Enfin, l’agression physique violente (coups, projections d’objets, morsures, griffures) ou verbale (cris, injures..) se rencontre dans les services d’urgence et en milieu psychiatrique notamment. Les intervenants en santé mentale confrontés sans cesse à de lourdes pathologies psychiatriques forment un groupe à risque élevé de stress professionnel.
L’excès de stress peut paradoxalement engendrer parfois chez le personnel soignant des formes de négligence voire de maltraitance envers un patient, un handicapé mental ou physique…
Les principaux risques des soins infirmiers
Les accidents d’exposition au sang (ou autres liquides biologiques) sont potentiellement graves car ils exposent la victime à une transmission éventuelle de bactéries ou virus, mais surtout des virus du sida, et des hépatites virales B et C. L’hépatite B peut être à l'origine d'un carcinome hépatocellulaire. L'accident exposant le plus sévère est une piqûre septique.
Le contact direct avec des personnes atteintes de maladies infectieuses en particulier pulmonaires (tuberculose, bronchite, grippe) peut provoquer des contaminations aériennes ORL. C’est aussi le cas pour celles atteintes de maladies cutanées (streptocoques, staphylocoques, gale, herpès …).
Les contaminations hospitalières les plus fréquentes :
- Maladies dues au bacille tuberculeux
- Infections d'origine professionnelle par les virus des hépatites
- Maladies liées à des agents infectieux ou parasitaires contractées en milieu d'hospitalisation et d'hospitalisation à domicile : staphylococcie, infections à entérobactéries, infections à pneumocoques, infections à streptocoques, infections à méningocoques, infections à gonocoques, syphilis, infections à herpès, gale …
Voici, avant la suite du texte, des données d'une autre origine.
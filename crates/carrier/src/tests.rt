// What the carriers do on examples.
// Assumes nothing.
use crate::line::Line;
use crate::loopback::loopback;
use crate::storage::Packet;
use crate::traits::{Carrier, LONGEST_BODY, OldestFirst, Received, any_waiting};
use crate::tray::Tray;
use std::process::Abort;
use std::test::Fail;
use words::refusal::Refusal;

// The head that a take gives, or the refusal.
fn taken<C: Carrier>(carrier: &mut C, lane: usize) -> Result<u32, Refusal> {
    let mut space = [0; LONGEST_BODY];
    let received = carrier.take(lane, &mut space)?;
    Ok(received.head)
}

// Both parcels come back, and then nothing waits.
fn both_return<C: Carrier>(rt: &impl Abort, carrier: &mut C) -> Result<(), Fail> {
    let first = Packet::new(1, &[10, 11])?;
    let second = Packet::new(2, &[20])?;
    let got = loopback(carrier, 3, &first, &second)?;
    assert_eq!(rt; got.first.head ^ got.second.head, 3);
    assert_eq!(rt; got.first.body().len() ^ got.second.body().len(), 3);
    assert_eq!(rt; got.third.err(), Some(Refusal::LaneEmpty));
    assert!(rt; !any_waiting(carrier));
    Ok(())
}

#[test]
fn line_keeps_order(rt: HostRuntime) -> Result<(), Fail> {
    let mut line = Line::new(2)?;
    line.post(1, 7, &[70, 71])?;
    line.post(1, 8, &[])?;
    let mut space = [5; LONGEST_BODY];
    assert_eq!(rt;
        line.take_oldest(1, &mut space)?,
        Received { head: 7, size: 2 }
    );
    assert_eq!(rt; &space[0..3], [70, 71, 5].as_slice());
    assert_eq!(rt; taken(&mut line, 1), Ok(8));
    assert_eq!(rt; taken(&mut line, 1), Err(Refusal::LaneEmpty));
    Ok(())
}

#[test]
fn refusals_come_in_order(rt: HostRuntime) -> Result<(), Fail> {
    let mut line = Line::new(1)?;
    let long = [0; LONGEST_BODY + 1];
    let mut short = [0; LONGEST_BODY - 1];
    assert_eq!(rt; line.post(1, 0, &long), Err(Refusal::NoSuchLane));
    assert_eq!(rt; line.take(1, &mut short), Err(Refusal::NoSuchLane));
    assert_eq!(rt; line.take(0, &mut short), Err(Refusal::SpaceTooShort));
    line.post(0, 1, &[])?;
    line.post(0, 2, &[])?;
    assert_eq!(rt; line.post(0, 3, &long), Err(Refusal::BodyTooLong));
    assert_eq!(rt; line.post(0, 3, &[]), Err(Refusal::LaneFull));
    assert_eq!(rt; line.count(0), Ok(2));
    assert_eq!(rt; line.count(1), Err(Refusal::NoSuchLane));
    Ok(())
}

#[test]
fn lanes_are_counted(rt: HostRuntime) -> Result<(), Fail> {
    assert_eq!(rt; Line::new(64)?.lane_count(), 64);
    assert_eq!(rt; Tray::new(0, 1)?.lane_count(), 0);
    assert_eq!(rt; Line::new(65).err(), Some(Refusal::NoSuchLane));
    assert_eq!(rt; Tray::new(65, 1).err(), Some(Refusal::NoSuchLane));
    Ok(())
}

// From 1 the numbers are 1015568748, 1586005467, 2165703038 and 3027450565: bit 31 is 0, 0, 1 and 1.
#[test]
fn tray_of_seed_one(rt: HostRuntime) -> Result<(), Fail> {
    let mut tray = Tray::new(1, 1)?;
    tray.post(0, 1, &[])?;
    tray.post(0, 2, &[])?;
    assert_eq!(rt; taken(&mut tray, 0), Ok(1));
    tray.post(0, 3, &[])?;
    assert_eq!(rt; taken(&mut tray, 0), Ok(2));
    tray.post(0, 4, &[])?;
    assert_eq!(rt; taken(&mut tray, 0), Ok(4));
    assert_eq!(rt; taken(&mut tray, 0), Ok(3));
    assert_eq!(rt; taken(&mut tray, 0), Err(Refusal::LaneEmpty));
    Ok(())
}

#[test]
fn parcels_return(rt: HostRuntime) -> Result<(), Fail> {
    both_return(&rt, &mut Line::new(4)?)?;
    for seed in 0..6 {
        both_return(&rt, &mut Tray::new(4, seed)?)?;
    }
    Ok(())
}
- Kératoconjonctivites virales
Les dermatoses professionnelles sont fréquentes parmi les personnels soignants. Il s'agit le plus souvent de dermatites d'irritation favorisées par la manipulation d'antiseptiques et de désinfectants, le lavage répété des mains et les antécédents de dermatite atopique. Il existe des urticaires de contact principalement dues au latex mais également des eczémas.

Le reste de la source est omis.